Nurses' perception of ethical climate and organizational commitment.

Author information

1
Medical Ethics and Law Research Center of Shahid Beheshti University of Medical Sciences, Tehran, Iran.

Abstract

The high turnover of nurses has become a universal issue. The manner in which nurses view their organization's ethical climate has direct bearing on their organizational commitment. The aim of this study was to determine the correlation between nurses' perception of ethical climate and organizational commitment in teaching hospitals in the southeastern region of Iran.

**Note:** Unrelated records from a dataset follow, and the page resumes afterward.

ghost use Rattle.std.specs.Prelude.{◌≡◌, ◌≢◌, ◌↔◌, ◌<◌, ◌≤◌, ◌++◌, ℕ, List, [], ◌∷◌, None, IfNone, IfSome, IsSome, IsTrue, OnErr, OnOk, Some, is_some, length, slice_get};
ghost use Rattle.std.specs.Option.{option_copied, option_map};
ghost use Rattle.salus_types.specs.declared.strike.Strike.TheVariants as strike;
ghost use Rattle.merkle_region.specs.Tree.{Verifies};
ghost use Rattle.volume_model.specs.Contents.{place_of};
ghost use Rattle.salus_model.specs.Answering.{is_fitting};
ghost use Rattle.client_rules.specs.Tables.{fresh, open_at, closed_at, struck_at};
ghost use Rattle.verified_read.specs.Table.{HaveOwnNumbers, fault_at, question_at, questions_in};
ghost use Rattle.verified_read.specs.Judging.{AnswersOne, IsClimbed, IsPresent, IsSaid, Stands, left_before, left_by, reached, said_of, standing_of, worth_in};

use crate::asked::{Asked, no_strikes};
use crate::question::Question;
use crate::verdict::{Standing, Verdict};
use indexmap::IndexMap;
use merkle_region::fold_path;
use salus_hash::{Digest, leaf_digest};
use salus_message::Answer;
use salus_types::{Geometry, NoMemory, NodeName, Strike, Strikes};
use std::alloc::Global;
use std::marker::Model;

/// The most questions that are open at once.
const OPEN: usize = 64;

/// Open questions, at most 64, in the order of asking, each under a number of its own.
#[derive(Drop)]
pub struct Reads {
    geometry: Geometry,
    asked: IndexMap<u64, Asked>,
}

impl Model for Reads {
    ghost use Rattle.std.specs.Prelude.{◌≤◌, length, nat_eq};
    ghost use Rattle.indexmap.specs.IndexMap.{IsUnique};
    ghost use Rattle.verified_read.specs.Table.{Table, HavePlaces};

    ghost Value = { Table };

    ghost use Rattle.verified_read.specs.Entries.{open_in};

    ghost view = { λ r. record { shape = r.geometry; asked = open_in r.asked.entries } };

    ghost invariant = { λ r. (length r.asked.entries ≤ 64) × IsUnique nat_eq r.asked × HavePlaces r.geometry (open_in r.asked.entries) };
}

impl Reads {
    /// No question is open. It takes no memory.
    pub fn new(alloc: Global, geometry: &Geometry) -> Reads
        ensures shape { result.shape ≡ geometry.now }
        ensures asked { result.asked ≡ [] }
    {
        Reads {
            geometry: *geometry,
            asked: IndexMap::new(alloc),
        }
    }

    /// How many questions are open.
    pub fn count(&self) -> u64
        ensures count { result ≡ length self.now.asked }
        ensures few { result ≤ 64 }
        ensures numbers { HaveOwnNumbers self.now.asked }
    {
        self.asked.len() as u64
    }

    /// Whether 64 are open.
    pub fn is_full(&self) -> bool
        ensures full { IsTrue result ↔ (64 ≤ length self.now.asked) }
        ensures few { length self.now.asked ≤ 64 }
    {
        self.asked.len() >= OPEN
    }

    /// The i-th open question in the order of asking, from 0.
    pub fn read_at(&self, i: u64) -> Question
        requires { i < length self.now.asked }
        ensures { slice_get (questions_in self.now.asked) i ≡ Some result }
    {
        let (number, entry) = self.asked.get_index(i as usize).unwrap();
        Question {
            event: entry.event,
            number: *number,
            block: entry.block,
        }
    }

    /// The open question of that number.
    pub fn question(&self, number: u64) -> Option<Question>
        ensures question { result ≡ option_map (λ o. o.question) (question_at number self.now.asked) }
        ensures free { IfNone result (question_at number self.now.asked ≡ None) }
    {
        match self.asked.get(&number) {
            Some(entry) => Some(Question {
                event: entry.event,
                number,
                block: entry.block,
            }),
            None => None,
        }
    }

    /// Opens a question behind the others; no replica is struck. It takes the room for their strikes too. After an error
    /// the questions are as they were.
    pub fn ask(&mut self, alloc: Global, question: Question) -> Result<(), NoMemory>
        requires room { length self.old.asked < 64 }
        requires new_number { question_at question.number self.old.asked ≡ None }
        ensures shape { self.new.shape ≡ self.old.shape }
        ensures ok { OnOk result (self.new.asked ≡ self.old.asked ++ fresh self.old.shape question ∷ []) }
        ensures err { OnErr result (self.new.asked ≡ self.old.asked) }
    {
        let Question {
            event,
            number,
            block,
        } = question;
        let strikes = no_strikes(alloc, self.geometry.replicas())?;
        self.asked.insert(
            number,
            Asked {
                event,
                block,
                strikes,
            },
        )?;
        Ok(())
    }

    /// Whether the sender is of the block's group, and block and path are as long as the volume's.
    fn is_fitting(&self, from: NodeName, answer: &Answer) -> bool
        ensures { result ≡ is_fitting self.now.shape from answer.now }
    {
        from.region as u32 == answer.block / self.geometry.region_blocks()
            && answer.bytes.len() == self.geometry.block_size() as usize
            && answer.path.len() == self.geometry.height() as usize
    }

    /// Whether the question of that number is open, and for that block.
    fn is_asked(&self, answer: &Answer) -> bool
        ensures { result ≡ is_some (open_at answer.now self.now.asked) }
    {
        match self.asked.get(&answer.read) {
            Some(entry) => answer.block == entry.block,
            None => false,
        }
    }

    /// Strikes the replica at the question that is answered; its first strike stays.
    fn strike(&mut self, from: NodeName, answer: &Answer, strike: Strike)
        ensures shape { self.new.shape ≡ self.old.shape }
        ensures asked { self.new.asked ≡ struck_at answer.now from.replica strike self.old.asked }
    {
        match self.asked.get_mut(&answer.read) {
            Some(entry) => entry.strike(answer.block, from.replica, strike),
            None => {}
        }
    }

    fn stand(&self, from: NodeName, answer: &Answer, number: u64) -> Standing
        ensures { Stands self.now from answer.now number result }
    {
        let at = answer.at;
        if !(self.is_fitting(from, answer) && self.is_asked(answer)) {
            Standing::Unknown
        } else if at < number {
            Standing::Stale { at }
        } else if number < at {
            Standing::Past { at }
        } else {
            Standing::Present
        }
    }

    /// Strikes the replica of an answer that is from past the region's number.
    fn strike_past(&mut self, from: NodeName, answer: &Answer, number: u64, standing: &Standing)
        ensures shape { self.new.shape ≡ self.old.shape }
        ensures asked { self.new.asked ≡ left_before answer.now from.replica number standing.now self.old.asked }
    {
        match standing {
            Standing::Past { at } => self.strike(from, answer, Strike::Past { at: *at, number }),
            Standing::Unknown | Standing::Stale { .. } | Standing::Present => {}
        }
    }

    /// What an answer is worth, beside the region's number, before its path is climbed. One from past that number strikes
    /// its replica; nothing else is changed. It takes no memory, and hashes nothing.
    ///
    /// Where the answer stands as `Present`, its path has to be climbed by the caller, to the region's root: a question
    /// whose block is verified is closed by `close`, and the digest that a wrong path leads to goes to `take_differing`.
    pub fn judge(&mut self, from: NodeName, answer: &Answer, number: u64) -> Standing
        ensures shape { self.new.shape ≡ self.old.shape }
        ensures asked { self.new.asked ≡ left_before answer.now from.replica number result self.old.asked }
        // By the rules, whatever the root is.
        ensures standing { (root : List ℕ) → result ≡ standing_of answer.now (worth_in self.old from answer.now number root) }
        // In plain words.
        ensures unknown { (result ≡ Standing.Unknown) ↔ (AnswersOne self.old from answer.now → ⊥) }
        ensures past { (at : ℕ) → (result ≡ Standing.Past at) ↔ (AnswersOne self.old from answer.now × (number < answer.now.at) × (at ≡ answer.now.at)) }
        ensures stale { (at : ℕ) → (result ≡ Standing.Stale at) ↔ (AnswersOne self.old from answer.now × (answer.now.at < number) × (at ≡ answer.now.at)) }
        ensures present { (result ≡ Standing.Present) ↔ IsPresent self.old from answer.now number }
    {
        let standing = self.stand(from, answer, number);
        self.strike_past(from, answer, number, &standing);
        standing
    }

    /// The answer's path leads to `got`, and the region's root is `held`: strikes the replica at the question that is
    /// answered. It takes no memory.
    pub fn take_differing(&mut self, from: NodeName, answer: &Answer, held: &Digest, got: &Digest)
        ensures shape { self.new.shape ≡ self.old.shape }
        ensures asked { self.new.asked ≡ struck_at answer.now from.replica (strike.Bad held.now got.now) self.old.asked }
    {
        let (held, got) = (*held, *got);
        self.strike(from, answer, Strike::Bad { held, got });
    }

    /// Climbs the answer's path, and takes the block or strikes the replica.
    fn climb(&mut self, from: NodeName, answer: &Answer, root: &Digest) -> Verdict
        requires { length answer.now.path ≡ self.old.shape.height }
        ensures shape { self.new.shape ≡ self.old.shape }
        ensures climbed { IsClimbed self.old answer.now root.now result }
        ensures asked { (number : ℕ) → self.new.asked ≡ left_by answer.now from.replica number result self.old.asked }
    {
        let place = answer.block % self.geometry.region_blocks();
        let got = fold_path(place, &leaf_digest(answer.bytes.as_slice()), &answer.path);
        if got == *root {
            self.close(answer.read);
            Verdict::Block
        } else {
            self.take_differing(from, answer, root, &got);
            Verdict::Bad { held: *root, got }
        }
    }

    fn decide(&mut self, from: NodeName, answer: &Answer, number: u64, root: &Digest) -> Verdict
        ensures shape { self.new.shape ≡ self.old.shape }
        ensures asked { self.new.asked ≡ left_by answer.now from.replica number result self.old.asked }
        ensures said { IsSaid self.old from answer.now number root.now result }
    {
        match self.judge(from, answer, number) {
            Standing::Unknown => Verdict::Unknown,
            Standing::Past { at } => Verdict::Past { at },
            Standing::Stale { at } => Verdict::Stale { at },
            Standing::Present => self.climb(from, answer, root),
        }
    }

    /// What an answer is worth, beside the region's number and root: the block, which closes its question, or a strike
    /// of its replica, or neither. It takes no memory, and climbs the path once.
    pub fn take_answer(
        &mut self,
        from: NodeName,
        answer: &Answer,
        number: u64,
        root: &Digest,
    ) -> Verdict
        ensures shape { self.new.shape ≡ self.old.shape }
        ensures asked { self.new.asked ≡ left_by answer.now from.replica number result self.old.asked }
        // By the rules.
        ensures verdict { result ≡ said_of answer.now (worth_in self.old from answer.now number root.now) }
        // In plain words.
        ensures unknown { (result ≡ Verdict.Unknown) ↔ (AnswersOne self.old from answer.now → ⊥) }
        ensures past { (at : ℕ) → (result ≡ Verdict.Past at) ↔ (AnswersOne self.old from answer.now × (number < answer.now.at) × (at ≡ answer.now.at)) }
        ensures stale { (at : ℕ) → (result ≡ Verdict.Stale at) ↔ (AnswersOne self.old from answer.now × (answer.now.at < number) × (at ≡ answer.now.at)) }
        ensures block { (result ≡ Verdict.Block) ↔ (IsPresent self.old from answer.now number × Verifies root.now self.old.shape.height (place_of self.old.shape answer.now.block) answer.now.bytes answer.now.path) }
        ensures bad { (held got : List ℕ) → (result ≡ Verdict.Bad held got) ↔ (IsPresent self.old from answer.now number × (reached self.old answer.now ≢ root.now) × (held ≡ root.now) × (got ≡ reached self.old answer.now)) }
    {
        self.decide(from, answer, number, root)
    }

    /// The first strikes of all replicas of the group, where each of them is struck at that question.
    pub fn faulted(&self, read: u64) -> Option<&Strikes>
        ensures strikes { option_copied result ≡ fault_at read self.now.asked }
        ensures each { IfSome result (λ strikes. length strikes.now ≡ self.now.shape.replicas) }
    {
        match self.asked.get(&read) {
            Some(entry) => entry.fault(),
            None => None,
        }
    }

    /// Closes the question of that number, if it is open; the others keep their order.
    pub fn close(&mut self, read: u64)
        ensures shape { self.new.shape ≡ self.old.shape }
        ensures asked { self.new.asked ≡ closed_at read self.old.asked }
    {
        self.asked.shift_remove(&read);
    }
}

A descriptive analytical design was used in this study. The sample consisted of 275 nurses working in four teaching hospitals in the southeastern region of Iran. The instruments used in this study included a demographic questionnaire, Ethical Climate Questionnaire, and Organizational Commitment Questionnaire. Data analysis was carried out using Pearson's correlation, t-test, and descriptive statistic through Statistical Package for Social Science, version 16. The result of this research indicated a positive correlation among professionalism, caring, rules, independence climate, and organizational commitment. Therefore, findings of this study are a guideline for researchers and managers alike who endeavor to improve organizational commitment.

KEYWORDS:

Affective commitment; continuance commitment; ethical climate; normative commitment; nurses

PMID:
24019306
DOI:
10.1177/0969733013493215
[Indexed for MEDLINE]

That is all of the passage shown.